▸ What you have to do:
Pick out every line of the entries below where "labels" occurs, and copy those lines.

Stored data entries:
----

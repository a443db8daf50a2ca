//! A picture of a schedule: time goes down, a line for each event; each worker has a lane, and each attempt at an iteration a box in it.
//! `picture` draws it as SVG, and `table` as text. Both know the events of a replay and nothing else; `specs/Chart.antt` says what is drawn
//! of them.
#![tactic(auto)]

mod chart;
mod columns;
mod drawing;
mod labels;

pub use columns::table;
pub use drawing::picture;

----

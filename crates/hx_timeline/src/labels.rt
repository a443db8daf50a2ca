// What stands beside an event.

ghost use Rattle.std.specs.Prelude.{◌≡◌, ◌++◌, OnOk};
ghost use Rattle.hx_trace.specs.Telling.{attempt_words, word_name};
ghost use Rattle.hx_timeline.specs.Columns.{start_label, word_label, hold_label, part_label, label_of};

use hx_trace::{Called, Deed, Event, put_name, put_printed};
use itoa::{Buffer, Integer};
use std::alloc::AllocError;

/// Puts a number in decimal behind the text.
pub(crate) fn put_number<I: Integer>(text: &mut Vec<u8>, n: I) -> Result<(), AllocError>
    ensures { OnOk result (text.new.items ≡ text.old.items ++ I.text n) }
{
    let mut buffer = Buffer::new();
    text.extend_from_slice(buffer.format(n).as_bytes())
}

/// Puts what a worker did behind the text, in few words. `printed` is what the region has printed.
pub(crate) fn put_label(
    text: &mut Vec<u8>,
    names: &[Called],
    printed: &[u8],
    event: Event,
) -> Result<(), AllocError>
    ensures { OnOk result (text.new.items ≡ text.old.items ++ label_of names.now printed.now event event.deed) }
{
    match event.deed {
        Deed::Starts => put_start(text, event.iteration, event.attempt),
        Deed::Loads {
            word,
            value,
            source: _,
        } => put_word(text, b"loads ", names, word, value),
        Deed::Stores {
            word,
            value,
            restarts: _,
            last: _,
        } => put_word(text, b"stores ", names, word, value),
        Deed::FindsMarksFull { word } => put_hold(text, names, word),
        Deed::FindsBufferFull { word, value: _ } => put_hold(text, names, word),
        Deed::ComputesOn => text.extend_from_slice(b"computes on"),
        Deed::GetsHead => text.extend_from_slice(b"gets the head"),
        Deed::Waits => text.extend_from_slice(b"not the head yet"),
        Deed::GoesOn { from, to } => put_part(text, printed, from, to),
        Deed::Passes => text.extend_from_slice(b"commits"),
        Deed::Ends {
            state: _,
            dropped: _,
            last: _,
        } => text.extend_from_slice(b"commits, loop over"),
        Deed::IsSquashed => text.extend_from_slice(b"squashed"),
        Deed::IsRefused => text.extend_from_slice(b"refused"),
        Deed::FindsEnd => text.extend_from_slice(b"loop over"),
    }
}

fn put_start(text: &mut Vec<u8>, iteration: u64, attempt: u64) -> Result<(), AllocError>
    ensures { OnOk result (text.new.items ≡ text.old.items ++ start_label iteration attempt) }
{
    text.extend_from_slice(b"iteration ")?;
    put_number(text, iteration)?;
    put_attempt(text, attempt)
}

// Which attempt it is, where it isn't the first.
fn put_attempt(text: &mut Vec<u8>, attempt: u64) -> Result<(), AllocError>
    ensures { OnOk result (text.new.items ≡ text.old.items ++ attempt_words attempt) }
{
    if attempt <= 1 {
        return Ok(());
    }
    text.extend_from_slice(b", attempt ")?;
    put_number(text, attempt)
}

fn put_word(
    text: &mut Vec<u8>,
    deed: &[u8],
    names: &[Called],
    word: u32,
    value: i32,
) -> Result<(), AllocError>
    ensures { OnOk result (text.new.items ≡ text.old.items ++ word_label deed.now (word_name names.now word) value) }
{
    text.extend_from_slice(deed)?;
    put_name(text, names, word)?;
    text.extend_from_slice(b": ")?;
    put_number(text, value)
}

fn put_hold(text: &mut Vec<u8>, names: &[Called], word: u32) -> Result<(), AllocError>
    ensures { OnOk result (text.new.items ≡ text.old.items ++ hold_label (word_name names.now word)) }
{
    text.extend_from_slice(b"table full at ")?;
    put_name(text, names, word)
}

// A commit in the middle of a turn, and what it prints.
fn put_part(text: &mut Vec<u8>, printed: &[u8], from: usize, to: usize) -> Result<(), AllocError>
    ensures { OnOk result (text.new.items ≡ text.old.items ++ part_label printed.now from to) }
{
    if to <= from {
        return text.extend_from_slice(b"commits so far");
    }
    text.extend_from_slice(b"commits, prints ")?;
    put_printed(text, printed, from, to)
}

----

▸ Result of this task:
mod labels;
filename crates/hx_timeline/src/labels.rt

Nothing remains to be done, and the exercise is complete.